The daughter of pastors, Jamie Grace stays grounded even while touring with some of the best-known Christian artists around. In 2011, she was discovered on YouTube and signed by TobyMac, who is featured on her No. 1 single, “Hold Me.”
Listening to her poised voice and slight Southern accent, most would never know she has Tourette syndrome. The sometimes-debilitating disorder causes uncontrollable facial tics and other random behavior like sporadic noises and fidgeting.
“[Ages] 9 to 15 were pretty miserable,” she said. “There was a time when I really didn’t leave the house.”
So her mom painted the hallways light blue to represent the sky and bring a sense of joy from the outside. When she couldn’t sleep, Jamie Grace’s father would stay up late and groove to jazz with her.
“He would just dance the night away with his little girl. I would be in so much pain, but I would laugh so hard,” she said.
Now, her happy-go-lucky spirit is nothing short of contagious.
“Everybody’s got something in their life that they can’t control,” she explained. “I choose not to dwell in my Tourette. I choose not to focus on that.”
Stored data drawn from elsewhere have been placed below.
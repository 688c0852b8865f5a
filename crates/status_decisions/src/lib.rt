// Decisions: what transmit, the transmit poll and receive answer to a status word, and the command that goes with the answer.
#![tactic(auto)]

ghost use Rattle.std.specs.Prelude.{◌≡◌};
ghost use Rattle.status_decisions.specs.Answers.{transmission_said, polling_said, reception_said};
ghost use Rattle.status_decisions.specs.Decisions.{transmit_of, poll_of, receive_of};

use status_bits::{BUS_OFF, MISS, RECEIVE_READY, TRANSMIT_FREE, is_set};

// What is to be done to the peripheral. The frame that is written is the caller's; a decision never looks into it.
#[derive(Clone, Copy, Debug, PartialEq, Eq)]
pub enum Command {
    Nothing,
    Abort,
    WriteFrame,
    ReadAndRelease,
}

// Why the frame is not written.
#[derive(Clone, Copy, Debug, PartialEq, Eq)]
pub enum TransmitError {
    BusOff,
    TransmissionAborted,
    WouldBlock,
}

// Why the frame will not be sent.
#[derive(Clone, Copy, Debug, PartialEq, Eq)]
pub enum PollError {
    BusOff,
    TransmissionAborted,
}

// Why no frame is read.
#[derive(Clone, Copy, Debug, PartialEq, Eq)]
pub enum ReceiveError {
    BusOff,
    WouldBlock,
    Overrun,
}

#[derive(Clone, Copy, Debug, PartialEq, Eq)]
pub struct Decision<E> {
    pub answer: Result<(), E>,
    pub command: Command,
}

// The answer is none while the future is pending. In flight: whether its frame has been written, after the poll.
#[derive(Clone, Copy, Debug, PartialEq, Eq)]
pub struct Polling {
    pub answer: Option<Result<(), PollError>>,
    pub command: Command,
    pub in_flight: bool,
}

pub fn transmit(status: u32, error_passive: bool) -> Decision<TransmitError>
    ensures { transmission_said result ≡ transmit_of status error_passive }
{
    let (answer, command) = if is_set(status, BUS_OFF) {
        (Err(TransmitError::BusOff), Command::Nothing)
    } else if is_set(status, TRANSMIT_FREE) {
        (Ok(()), Command::WriteFrame)
    } else if error_passive {
        (Err(TransmitError::TransmissionAborted), Command::Abort)
    } else {
        (Err(TransmitError::WouldBlock), Command::Nothing)
    };
    Decision { answer, command }
}

pub fn poll(status: u32, error_passive: bool, in_flight: bool) -> Polling
    ensures { polling_said result ≡ poll_of status error_passive in_flight }
{
    let waiting = Polling {
        answer: None,
        command: Command::Nothing,
        in_flight,
    };
    if is_set(status, BUS_OFF) {
        return Polling {
            answer: Some(Err(PollError::BusOff)),
            ..waiting
        };
    }
    if is_set(status, TRANSMIT_FREE) {
        if in_flight {
            return Polling {
                answer: Some(Ok(())),
                ..waiting
            };
        }
        return Polling {
            command: Command::WriteFrame,
            in_flight: true,
            ..waiting
        };
    }
    if error_passive {
        return Polling {
            answer: Some(Err(PollError::TransmissionAborted)),
            command: Command::Abort,
            ..waiting
        };
    }
    waiting
}

pub fn receive(status: u32) -> Decision<ReceiveError>
    ensures { reception_said result ≡ receive_of status }
{
    let (answer, command) = if is_set(status, BUS_OFF) {
        (Err(ReceiveError::BusOff), Command::Nothing)
    } else if !is_set(status, RECEIVE_READY) {
        (Err(ReceiveError::WouldBlock), Command::Nothing)
    } else if is_set(status, MISS) {
        (Err(ReceiveError::Overrun), Command::Nothing)
    } else {
        (Ok(()), Command::ReadAndRelease)
    };
    Decision { answer, command }
}
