impl Catalog {
    /// A catalog of nothing. It takes no memory.
    pub fn new(alloc: Global) -> Catalog
        ensures { result ≡ spec.nothing }
    {
        Catalog {
            tables: IndexMap::new(alloc),
            graphs: IndexMap::new(alloc),
        }
    }

    /// What a holder of a catalog may rely on, whichever definitions it has taken: it is small enough for its numbers, and
    /// sound. It does nothing.
    pub fn soundness(&self)
        ensures { IsCatalog self.now }
    {
        let _ = &self.tables;
    }

    /// The number of a table; None exactly where no table has the name.
    pub fn table(&self, name: &Text) -> Option<TableNo>
        ensures { result ≡ option_map spec.table_number (spec.table_at self.now name.now) }
    {
        match self.tables.get_index_of(name) {
            Some(at) => Some(TableNo(at as u32)),
            None => None,
        }
    }

    /// The number of a graph; None exactly where no graph has the name.
    pub fn graph(&self, name: &Text) -> Option<GraphNo>
        ensures { result ≡ option_map spec.graph_number (spec.graph_at self.now name.now) }
    {
        match self.graphs.get_index_of(name) {
            Some(at) => Some(GraphNo(at as u32)),
            None => None,
        }
    }

    /// The name of a table; None exactly where there is no such table.
    pub fn table_name(&self, table: TableNo) -> Option<&Text>
        ensures { option_copied result ≡ spec.name_at self.now table }
    {
        match self.tables.get_index(table.0 as usize) {
            Some((name, _)) => Some(name),
            None => None,
        }
    }

    /// The place of a column in a table; None exactly where there is no such column or no such table.
    pub fn column(&self, table: TableNo, name: &Text) -> Option<u32>
        ensures { result ≡ spec.column_at self.now table name.now }
    {
        match self.tables.get_index(table.0 as usize) {
            Some((_, entry)) => column_place(entry.columns.as_slice(), name),
            None => None,
        }
    }

    /// The name of the column at a place, from 0, of a table; None exactly where there is no such column or no such table.
    pub fn column_name(&self, table: TableNo, column: u32) -> Option<&Text>
        ensures { option_copied result ≡ spec.column_name_at self.now table column }
    {
        match self.tables.get_index(table.0 as usize) {
            Some((_, entry)) => name_in(entry, column),
            None => None,
        }
    }

    /// The columns of a table, at most 32; none where no table has the name.
    pub fn columns_of(&self, name: &Text) -> &[ColumnEntry]
        ensures columns { result.now ≡ spec.columns_named self.now.0 name.now }
        ensures few { IsFew result.now }
    {
        columns_named(&self.tables, name)
    }

    /// The places of the columns of a table's primary key; none where no table has the name.
    pub fn key_of(&self, name: &Text) -> &[u32]
        ensures { result.now ≡ spec.key_named self.now.0 name.now }
    {
        key_named(&self.tables, name)
    }

    /// The shapes of all tables, by their numbers, and of the edge tables of all graphs, in order of definition: columns and
    /// tables that they name stand, keys are NOT NULL, and ends have the kinds of keys. Only want of memory refuses it.
    pub fn shapes(&self, alloc: Global) -> Result<Shapes, AllocError>
        ensures shapes { IfOk result (λ shapes. shapes ≡ shape.shapes self.now) }
        ensures sound { IfOk result sound.AreSoundShapes }
    {
        sound_shapes();
        let tables = table_shapes(alloc, &self.tables)?;
        let edges = edge_shapes(alloc, &self.graphs)?;
        Ok(Shapes { tables, edges })
    }

    /// The column that an element table of a graph has for a property under any of its labels; None exactly where there is
    /// no such graph, the table is no element table of it, or has no such property there.
    pub fn property(&self, graph: GraphNo, table: TableNo, name: &Text) -> Option<u32>
        ensures { result ≡ look.property_at self.now graph table name.now }
    {
        match self.graphs.get_index(graph.0 as usize) {
            Some((_, entry)) => property_in(entry, table, name),
            None => None,
        }
    }

    /// How many tables are defined.
    pub fn table_count(&self) -> u32
        ensures { result ≡ length self.now.0 }
    {
        self.tables.len() as u32
    }

    /// The names of all properties of a graph, collected in one pass over its element tables; none where there is no such
    /// graph. Only want of memory refuses it.
    pub fn property_names(&self, alloc: Global, graph: GraphNo) -> Result<NameSet<'_>, AllocError>
        ensures { IfOk result (property.AreNamesOf (look.graph_numbered self.now.1 graph)) }
    {
        match self.graphs.get_index(graph.0 as usize) {
            Some((_, entry)) => property_names(alloc, entry),
            None => Ok(NameSet::new(alloc)),
        }
    }

    /// The kinds of all properties of a graph by their names, collected in one pass over its element tables; none where there
    /// is no such graph. Only want of memory refuses it.
    pub fn property_kinds(
        &self,
        alloc: Global,
        graph: GraphNo,
    ) -> Result<PropertyKinds<'_>, AllocError>
        ensures { IfOk result (collected.AreKindsOf (look.graph_numbered self.now.1 graph)) }
    {
        match self.graphs.get_index(graph.0 as usize) {
            Some((_, entry)) => property_kinds(alloc, entry),
            None => Ok(PropertyKinds::new(alloc)),
        }
    }

    /// The names of all labels of a graph, collected in one pass over its element tables; none where there is no such graph.
    /// Only want of memory refuses it.
    pub fn label_names(&self, alloc: Global, graph: GraphNo) -> Result<NameSet<'_>, AllocError>
        ensures { IfOk result (collected.AreLabelsOf (look.graph_numbered self.now.1 graph)) }
    {
        match self.graphs.get_index(graph.0 as usize) {
            Some((_, entry)) => label_names(alloc, entry),
            None => Ok(NameSet::new(alloc)),
        }
    }

    /// The vertex tables of a graph, or its edge tables, whose labels meet a label expression (ISO/IEC 9075-16:2023, label
    /// expression): `!` is complement among the tables of that sort. It takes no memory. The set is empty where there is no
    /// such graph.
    pub fn tables_of(&self, graph: GraphNo, edges: bool, label: &LabelExpr) -> TableSet
        ensures { look.IsSetOf result.0 (look.tables_of self.now graph edges (label_tree label.now)) }
    {
        match self.graphs.get_index(graph.0 as usize) {
            Some((_, entry)) => tables_of(entry, edges, label),
            None => TableSet(0),
        }
    }

    /// The vertex tables and the edge tables of a graph, both in order of definition; edge tables are numbered over all
    /// graphs. Both lists are empty where there is no such graph; the tables of a graph stand, and differ. Only want of memory
    /// refuses it.
    pub fn graph_shape(&self, alloc: Global, graph: GraphNo) -> Result<GraphShape, AllocError>
        ensures shape { IfOk result (λ shape. shape ≡ look.graph_shape self.now graph) }
        ensures sound { IfOk result (λ found. graph.0 < length self.now.1 → sound.IsSoundGraph (shape.shapes self.now) found) }
    {
        sound_shapes();
        graph_shape(alloc, &self.graphs, graph.0)
    }

    /// Whether a table or a graph has a name.
    fn is_defined(&self, name: &Text) -> bool
        ensures { result ≡ define.is_defined self.now name.now }
    {
        self.tables.get_index_of(name).is_some() || self.graphs.get_index_of(name).is_some()
    }

    /// Whether there is no room for another table.
    fn is_full(&self) -> bool
        ensures { result ≡ define.is_full self.now }
    {
        self.tables.len() > 63
    }

    /// Why a table may not be defined.
    fn table_fault(
        &self,
        alloc: Global,
        table: &TableDef,
    ) -> Result<Option<DefineFault>, AllocError>
        ensures { IfOk result (λ r. r ≡ define.table_fault self.now table.now) }
    {
        if let Some(at) = name_taken(alloc, self.is_defined(&table.name.text), table)? {
            return Ok(Some(DefineFault::NameTaken { at }));
        }
        if let Some(at) = no_column(alloc, table)? {
            return Ok(Some(DefineFault::NoColumn { at }));
        }
        if let Some(at) = key_mismatch(table) {
            return Ok(Some(DefineFault::KeyMismatch { at }));
        }
        match limit(self.is_full(), table) {
            Some(at) => Ok(Some(DefineFault::Limit { at })),
            None => Ok(None),
        }
    }

    /// Defines a table, which stands behind the others, or says why not, and then the catalog is as before. NameTaken comes
    /// exactly where a table or graph has its name, or a column's name or a name in one primary key clause stands twice;
    /// NoColumn where a key names no column; KeyMismatch where there is not one primary key clause; Limit at the 65th
    /// table, the 33rd column, a key's 5th name, or a length of text outside 1 to 255. The first of these kinds that has
    /// a place is answered, at its first place. Memory may come at any point.
    pub fn define_table(&mut self, alloc: Global, table: &TableDef) -> Result<(), DefineFault>
        ensures ok { IfOk result (λ _. define.table_fault self.old table.now ≡ None) }
        ensures defined { OnOk result (self.new ≡ define.with_table self.old table.now) }
        ensures fault { IfErr result (define.IsFault (define.table_fault self.old table.now)) }
        ensures unchanged { OnErr result (self.new ≡ self.old) }
    {
        sound_definitions();
        let Ok(found) = self.table_fault(alloc, table) else {
            return Err(DefineFault::Memory);
        };
        if let Some(fault) = found {
            return Err(fault);
        }
        let Ok(entry) = entry_of(alloc, table) else {
            return Err(DefineFault::Memory);
        };
        let Ok(name) = table.name.text.copy(alloc) else {
            return Err(DefineFault::Memory);
        };
        match add(&mut self.tables, name, entry) {
            Ok(()) => Ok(()),
            Err(_) => Err(DefineFault::Memory),
        }
    }

    /// Whether there is no room for another graph.
    fn is_full_of_graphs(&self) -> bool
        ensures { result ≡ graph_judge.is_full self.now }
    {
        self.graphs.len() > 15
    }

    /// Why the labels and properties of a graph's element tables may not be defined, or what is beyond a limit.
    fn labels_fault(
        &self,
        alloc: Global,
        graph: &GraphDef,
    ) -> Result<Option<DefineFault>, AllocError>
        ensures { IfOk result (λ r. r ≡ graph_judge.labels_fault self.now graph.now) }
    {
        let elements = elements_of(alloc, &self.tables, graph)?;
        if let Some(at) = label_mismatch(alloc, elements.as_slice())? {
            return Ok(Some(DefineFault::LabelMismatch { at }));
        }
        if let Some(at) = type_mismatch(alloc, elements.as_slice())? {
            return Ok(Some(DefineFault::TypeMismatch { at }));
        }
        match graph_limit(self.is_full_of_graphs(), graph) {
            Some(at) => Ok(Some(DefineFault::Limit { at })),
            None => Ok(None),
        }
    }

    /// Why a graph may not be defined.
    fn graph_fault(
        &self,
        alloc: Global,
        graph: &GraphDef,
    ) -> Result<Option<DefineFault>, AllocError>
        ensures { IfOk result (λ r. r ≡ graph_judge.graph_fault self.now graph.now) }
    {
        if let Some(at) = graph_name_taken(alloc, self.is_defined(&graph.name.text), graph)? {
            return Ok(Some(DefineFault::NameTaken { at }));
        }
        if let Some(at) = unknown_names::no_table(alloc, &self.tables, graph)? {
            return Ok(Some(DefineFault::NoTable { at }));
        }
        if let Some(at) = unknown_names::no_column(&self.tables, graph) {
            return Ok(Some(DefineFault::NoColumn { at }));
        }
        if let Some(at) = graph_key_mismatch(&self.tables, graph) {
            return Ok(Some(DefineFault::KeyMismatch { at }));
        }
        self.labels_fault(alloc, graph)
    }

    /// Defines a property graph (ISO/IEC 9075-16:2023), which stands behind the others, or says why not, and then the
    /// catalog is as before. NameTaken comes exactly where a table or graph has its name, or an element table, a label of
    /// one element table or a property of one label is named twice; NoTable where a named table does not exist, or a
    /// referenced one is no vertex table of the graph; NoColumn where a named column is not in its table; KeyMismatch
    /// where a KEY list is not the table's primary key, or an end's lists do not match the vertex table's;
    /// LabelMismatch where a label of two element tables has other property names or kinds on them, or a property name
    /// means two columns of one table; TypeMismatch where a property name has two kinds; Limit at the 17th graph, the
    /// 33rd element table, or the 9th label of one. The first of these kinds that has a place is answered, at its first
    /// place. Memory may come at any point.
    pub fn define_graph(&mut self, alloc: Global, graph: &GraphDef) -> Result<(), DefineFault>
        ensures ok { IfOk result (λ _. graph_judge.graph_fault self.old graph.now ≡ None) }
        ensures defined { OnOk result (self.new ≡ entry.with_graph self.old graph.now) }
        ensures fault { IfErr result (define.IsFault (graph_judge.graph_fault self.old graph.now)) }
        ensures unchanged { OnErr result (self.new ≡ self.old) }
    {
        sound_definitions();
        let Ok(found) = self.graph_fault(alloc, graph) else {
            return Err(DefineFault::Memory);
        };
        if let Some(fault) = found {
            return Err(fault);
        }
        let Ok(entry) = graph_of(alloc, &self.tables, graph) else {
            return Err(DefineFault::Memory);
        };
        let Ok(name) = graph.name.text.copy(alloc) else {
            return Err(DefineFault::Memory);
        };
        match add_graph(&mut self.graphs, name, entry) {
            Ok(()) => Ok(()),
            Err(_) => Err(DefineFault::Memory),
        }
    }

    /// Defines a table or a property graph, which stands behind the others of its sort, or says why not, and then the
    /// catalog is as before: the first kind of fault, in the order of `DefineFault`, that has a place, at its first place.
    /// `define_table` and `define_graph` say where each comes. Memory may come at any point.
    pub fn define(&mut self, alloc: Global, definition: &Define) -> Result<(), DefineFault>
        ensures ok { IfOk result (λ _. judge.define_fault self.old definition.now ≡ None) }
        ensures defined { OnOk result (self.new ≡ judge.with_definition self.old definition.now) }
        ensures fault { IfErr result (define.IsFault (judge.define_fault self.old definition.now)) }
        ensures unchanged { OnErr result (self.new ≡ self.old) }
    {
        match definition {
            Define::Table(table) => self.define_table(alloc, table),
            Define::Graph(graph) => self.define_graph(alloc, graph),
        }
    }
}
What she does focus on is her music. Jamie Grace has spent the last two months traveling with the Winter Jam tour, Christian music’s largest annual concert that has led to thousands of salvations since its start.
What does she think about her journey from leading youth at her dad’s church in Lithonia, Ga., to touring with names like Matthew West?
“It’s crazy.”
But in a good way.
“It just blows me away that God would allow me to be a part of an industry that has had such a huge impact on my life,” the Atlanta native explained.
She recalled one moment her past and present seemed to collide in front of her.
As a teen, Jamie Grace was a big fan of the former group ZOEgirl. When she was 14, she attended a Winter Jam concert where the girl band was performing. There was only one thing standing in the way of fully enjoying the moment.
Her tics.
“As I get up to the table I just remember tears in my eyes, apologizing for being so weird and trying to explain to them what was going on,” Jamie Grace recalled.
“And it was just their sweet words of telling me I didn’t have to be insecure and that God still loved me,” she continued. “I always just wanted to give that same feeling back to someone else.”
Two years ago she had that opportunity with a fan in Ohio.
“This moment felt precisely like that moment when I was 14. Here I am signing autographs and this girl, probably the exact same age as me [back then] comes up to me,” Jamie Grace shared.
“She just said to me, ‘I used to cut myself, but I know now that God is holding me after hearing your song, and I know I don’t have to cut myself anymore,'” the singer/songwriter continued.
“And I just got chills.
“I felt the Lord saying to me, ‘Because you were faithful, you were able to give that same feeling to this little girl what someone else’s ministry gave to you.'”
“I felt the Lord saying to me, ‘Because you were faithful, you were able to give that same feeling to this little girl what someone else’s ministry gave to you.'”
Remembering Home
Jamie Grace is no doubt a Southern girl, cowboy boots and all. She and her older sister Morgan, who also sings, were home-schooled by their mom.
“People would always pick on the way we were raised, but I’m thankful for that element of Jesus that was put in our home,” she said.
The rules of the house included no dating.
“I always tell people I’ve been single since I was born. I’m not ashamed to say that,” she said. “When dating is something that can be done with intention, don’t waste your time just doing it for fun. We’re too precious for that.”
In the meantime, Jamie Grace will continue to sing and give back to the youth at her home church when she can, as well as at Camp Electric, a growing worship music camp for kids. She’s already working on her second album and will perform with former American Idol contestant Mandisa after Winter Jam wraps up.
“It’s scary but it’s exciting and it’s a privilege to know that I’m a part of what God is doing in someone’s life,” Jamie Grace said. “If I can just be a small part of that then I can go to sleep happy.”